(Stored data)
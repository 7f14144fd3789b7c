// The values of global variables.
ghost use Rattle.std.specs.Prelude.{◌≡◌, ◌<◌, IfOk, length, replicate, slice_index, slice_set};

use std::alloc::{AllocError, Global};
use std::marker::Model;

/// The values of a module's global variables, an `i32` in the low 32 bits.
#[derive(Drop)]
pub struct GlobalValues {
    values: Vec<u64>,
}

impl Model for GlobalValues {
    ghost use Rattle.std.specs.Prelude.{List, ℕ};

    ghost Value = { List ℕ };

    ghost view = { λ g. g.values.items };
}

impl GlobalValues {
    /// So many variables, each 0.
    pub fn new(alloc: Global, n: u32) -> Result<GlobalValues, AllocError>
        ensures { IfOk result (λ g. g ≡ replicate n 0) }
    {
        let mut values = Vec::new(alloc);
        values.resize(n as usize, 0)?;
        Ok(GlobalValues { values })
    }

    /// Variables of these values.
    pub fn of(alloc: Global, values: &[u64]) -> Result<GlobalValues, AllocError>
        ensures { IfOk result (λ g. g ≡ values.now) }
    {
        let mut copied = Vec::with_capacity(alloc, values.len())?;
        copied.extend_from_slice(values)?;
        Ok(GlobalValues { values: copied })
    }

    /// The value of variable `i`.
    #[inline]
    pub fn get(&self, i: u32) -> u64
        requires { i < length self.now }
        ensures { result ≡ slice_index self.now i }
    {
        self.values[i as usize]
    }

    /// Gives variable `i` a value.
    #[inline]
    pub fn set(&mut self, i: u32, value: u64)
        requires { i < length self.old }
        ensures { self.new ≡ slice_set self.old i value }
    {
        self.values[i as usize] = value;
    }
}
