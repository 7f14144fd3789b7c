// Energy that creeps hand over and take.
ghost use Rattle.std.specs.Prelude.{◌≡◌, ◌+◌, ◌^◌, ◌<◌, ◌≤◌, List, Some};
ghost use Rattle.room_terrain.specs.declared.terrain.Ground.{Ground};
ghost use Rattle.room_table.specs.Tables.{find_object};
ghost use Rattle.world_rules.specs.RoomParts.{table_part};
ghost use Rattle.world_rules.specs.Loads.{handed_over, transferred, withdrawn};
ghost use Rattle.room_rules.specs.Calls.{IsReady, Keeps, KeepsTallies};

use crate::amounts::{free_in, wanted};
use action_checks::parties;
use game_tables::Action;
use intent_book::Intent;
use object_store::{Object, RoomTable};

/// Rules an entry to transfer: where it takes effect, the wanted amount of the creep's load, or all where
/// it is 0, goes to the target, as far as that has room for it. Else nothing is done.
pub fn transfer(room: &mut RoomTable, intent: &Intent)
    requires ready { IsReady room.old }
    ensures rule { (grounds : List Ground)
        → table_part grounds room.new ≡ transferred intent.now (table_part grounds room.old) }
    ensures tallies { KeepsTallies room.old room.new }
    ensures keeps { Keeps room.old room.new }
{
    let Some((creep, target)) = parties(Action::Transfer, room, intent) else {
        return;
    };
    let amount = wanted(intent.amount, creep.energy).min(free_in(room, &target));
    hand_over(room, amount, creep, target);
}

/// Rules an entry to withdraw: where it takes effect, the wanted amount of what the target holds, or all
/// where it is 0, goes to the creep, as far as that has room for it. Else nothing is done.
pub fn withdraw(room: &mut RoomTable, intent: &Intent)
    requires ready { IsReady room.old }
    ensures rule { (grounds : List Ground)
        → table_part grounds room.new ≡ withdrawn intent.now (table_part grounds room.old) }
    ensures tallies { KeepsTallies room.old room.new }
    ensures keeps { Keeps room.old room.new }
{
    let Some((creep, store)) = parties(Action::Withdraw, room, intent) else {
        return;
    };
    let amount = wanted(intent.amount, store.energy).min(free_in(room, &creep));
    hand_over(room, amount, store, creep);
}

// Hands an amount of energy over from one object of the room to another.
fn hand_over(room: &mut RoomTable, amount: u64, giver: Object, taker: Object)
    requires giver { find_object giver.id room.old.objects ≡ Some giver }
    requires taker { find_object taker.id room.old.objects ≡ Some taker }
    requires held { amount ≤ giver.energy }
    requires fits { taker.energy + amount < 2 ^ 64 }
    requires ready { IsReady room.old }
    ensures rule { (grounds : List Ground)
        → table_part grounds room.new ≡ handed_over amount giver taker (table_part grounds room.old) }
    ensures tallies { KeepsTallies room.old room.new }
    ensures keeps { Keeps room.old room.new }
{
    room.set(Object {
        energy: giver.energy - amount,
        ..giver
    });
    room.set(Object {
        energy: taker.energy + amount,
        ..taker
    });
}
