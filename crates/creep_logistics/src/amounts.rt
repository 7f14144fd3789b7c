// How much energy goes from one object to another.
ghost use Rattle.std.specs.Prelude.{◌≡◌, ◌+◌, ◌-◌, ◌^◌, ◌<◌, List};
ghost use Rattle.room_terrain.specs.declared.terrain.Ground.{Ground};
ghost use Rattle.room_table.specs.Stores.{free_room};
ghost use Rattle.world_rules.specs.RoomParts.{table_part, controller_of};
ghost use Rattle.world_rules.specs.Drops.{wanted_of};

use object_store::{Object, RoomTable, capacity};

/// What is wanted of so much: all of it where no amount is named.
pub(crate) fn wanted(amount: u64, all: u64) -> u64
    ensures { result ≡ wanted_of amount all }
{
    if amount == 0 { all } else { amount.min(all) }
}

/// How much more energy an object takes in a room.
pub(crate) fn free_in(room: &RoomTable, object: &Object) -> u64
    ensures room { (grounds : List Ground)
        → result ≡ free_room (controller_of (table_part grounds room.now)) object.now }
    ensures fits { object.now.energy + result < 2 ^ 64 }
{
    // The objects rise by their ids, so that the controller of the room's part is that of its table.
    room.stands_in_order();
    missing(capacity(object, room.controller()), object.energy)
}

// How much is missing to a capacity: nothing where there is more.
fn missing(capacity: u64, energy: u64) -> u64
    ensures missing { result ≡ capacity - energy }
    ensures fits { energy + result < 2 ^ 64 }
{
    capacity.saturating_sub(energy)
}
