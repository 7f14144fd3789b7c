// The rules of what creeps carry: dropping it, handing it over, taking it and picking it up.
#![tactic(auto)]

mod amounts;
mod handing;
mod load;
mod picking;

pub use handing::{transfer, withdraw};
pub use load::drop_load;
pub use picking::pickup;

**WHAT YOU SHOULD DO**. Transcribe each record above exactly. Skip none.

**YOUR RESPONSE**.
repository 7f14144fd3789b7c
// The values of global variables.
ghost use Rattle.std.specs.Prelude.{◌≡◌, ◌<◌, IfOk, length, replicate, slice_index, slice_set};

use std::alloc::{AllocError, Global};
use std::marker::Model;

/// The values of a module's global variables, an `i32` in the low 32 bits.
#[derive(Drop)]
pub struct GlobalValues {
    values: Vec<u64>,
}

impl Model for GlobalValues {
    ghost use Rattle.std.specs.Prelude.{List, ℕ};

    ghost Value = { List ℕ };

    ghost view = { λ g. g.values.items };
}

impl GlobalValues {
    /// So many variables, each 0.
    pub fn new(alloc: Global, n: u32) -> Result<GlobalValues, AllocError>
        ensures { IfOk result (λ g. g ≡ replicate n 0) }
    {
        let mut values = Vec::new(alloc);
        values.resize(n as usize, 0)?;
        Ok(GlobalValues { values })
    }

    /// Variables of these values.
    pub fn of(alloc: Global, values: &[u64]) -> Result<GlobalValues, AllocError>
        ensures { IfOk result (λ g. g ≡ values.now) }
    {
        let mut copied = Vec::with_capacity(alloc, values.len())?;
        copied.extend_from_slice(values)?;
        Ok(GlobalValues { values: copied })
    }

    /// The value of variable `i`.
    #[inline]
    pub fn get(&self, i: u32) -> u64
        requires { i < length self.now }
        ensures { result ≡ slice_index self.now i }
    {
        self.values[i as usize]
    }

    /// Gives variable `i` a value.
    #[inline]
    pub fn set(&mut self, i: u32, value: u64)
        requires { i < length self.old }
        ensures { self.new ≡ slice_set self.old i value }
    {
        self.values[i as usize] = value;
    }
}
repository 7f14144fd3789b7c
// Energy that creeps hand over and take.
ghost use Rattle.std.specs.Prelude.{◌≡◌, ◌+◌, ◌^◌, ◌<◌, ◌≤◌, List, Some};
ghost use Rattle.room_terrain.specs.declared.terrain.Ground.{Ground};
ghost use Rattle.room_table.specs.Tables.{find_object};
ghost use Rattle.world_rules.specs.RoomParts.{table_part};
ghost use Rattle.world_rules.specs.Loads.{handed_over, transferred, withdrawn};
ghost use Rattle.room_rules.specs.Calls.{IsReady, Keeps, KeepsTallies};

use crate::amounts::{free_in, wanted};
use action_checks::parties;
use game_tables::Action;
use intent_book::Intent;
use object_store::{Object, RoomTable};

/// Rules an entry to transfer: where it takes effect, the wanted amount of the creep's load, or all where
/// it is 0, goes to the target, as far as that has room for it. Else nothing is done.
pub fn transfer(room: &mut RoomTable, intent: &Intent)
    requires ready { IsReady room.old }
    ensures rule { (grounds : List Ground)
        → table_part grounds room.new ≡ transferred intent.now (table_part grounds room.old) }
    ensures tallies { KeepsTallies room.old room.new }
    ensures keeps { Keeps room.old room.new }
{
    let Some((creep, target)) = parties(Action::Transfer, room, intent) else {
        return;
    };
    let amount = wanted(intent.amount, creep.energy).min(free_in(room, &target));
    hand_over(room, amount, creep, target);
}

/// Rules an entry to withdraw: where it takes effect, the wanted amount of what the target holds, or all
/// where it is 0, goes to the creep, as far as that has room for it. Else nothing is done.
pub fn withdraw(room: &mut RoomTable, intent: &Intent)
    requires ready { IsReady room.old }
    ensures rule { (grounds : List Ground)
        → table_part grounds room.new ≡ withdrawn intent.now (table_part grounds room.old) }
    ensures tallies { KeepsTallies room.old room.new }
    ensures keeps { Keeps room.old room.new }
{
    let Some((creep, store)) = parties(Action::Withdraw, room, intent) else {
        return;
    };
    let amount = wanted(intent.amount, store.energy).min(free_in(room, &creep));
    hand_over(room, amount, store, creep);
}

// Hands an amount of energy over from one object of the room to another.
fn hand_over(room: &mut RoomTable, amount: u64, giver: Object, taker: Object)
    requires giver { find_object giver.id room.old.objects ≡ Some giver }
    requires taker { find_object taker.id room.old.objects ≡ Some taker }
    requires held { amount ≤ giver.energy }
    requires fits { taker.energy + amount < 2 ^ 64 }
    requires ready { IsReady room.old }
    ensures rule { (grounds : List Ground)
        → table_part grounds room.new ≡ handed_over amount giver taker (table_part grounds room.old) }
    ensures tallies { KeepsTallies room.old room.new }
    ensures keeps { Keeps room.old room.new }
{
    room.set(Object {
        energy: giver.energy - amount,
        ..giver
    });
    room.set(Object {
        energy: taker.energy + amount,
        ..taker
    });
}
filename crates/creep_logistics/src/amounts.rt
repository 7f14144fd3789b7c
// How much energy goes from one object to another.
ghost use Rattle.std.specs.Prelude.{◌≡◌, ◌+◌, ◌-◌, ◌^◌, ◌<◌, List};
ghost use Rattle.room_terrain.specs.declared.terrain.Ground.{Ground};
ghost use Rattle.room_table.specs.Stores.{free_room};
ghost use Rattle.world_rules.specs.RoomParts.{table_part, controller_of};
ghost use Rattle.world_rules.specs.Drops.{wanted_of};

use object_store::{Object, RoomTable, capacity};

/// What is wanted of so much: all of it where no amount is named.
pub(crate) fn wanted(amount: u64, all: u64) -> u64
    ensures { result ≡ wanted_of amount all }
{
    if amount == 0 { all } else { amount.min(all) }
}

/// How much more energy an object takes in a room.
pub(crate) fn free_in(room: &RoomTable, object: &Object) -> u64
    ensures room { (grounds : List Ground)
        → result ≡ free_room (controller_of (table_part grounds room.now)) object.now }
    ensures fits { object.now.energy + result < 2 ^ 64 }
{
    // The objects rise by their ids, so that the controller of the room's part is that of its table.
    room.stands_in_order();
    missing(capacity(object, room.controller()), object.energy)
}

// How much is missing to a capacity: nothing where there is more.
fn missing(capacity: u64, energy: u64) -> u64
    ensures missing { result ≡ capacity - energy }
    ensures fits { energy + result < 2 ^ 64 }
{
    capacity.saturating_sub(energy)
}
repository 7f14144fd3789b7c
// The rules of what creeps carry: dropping it, handing it over, taking it and picking it up.
#![tactic(auto)]

mod amounts;
mod handing;
mod load;
mod picking;

pub use handing::{transfer, withdraw};
pub use load::drop_load;
pub use picking::pickup;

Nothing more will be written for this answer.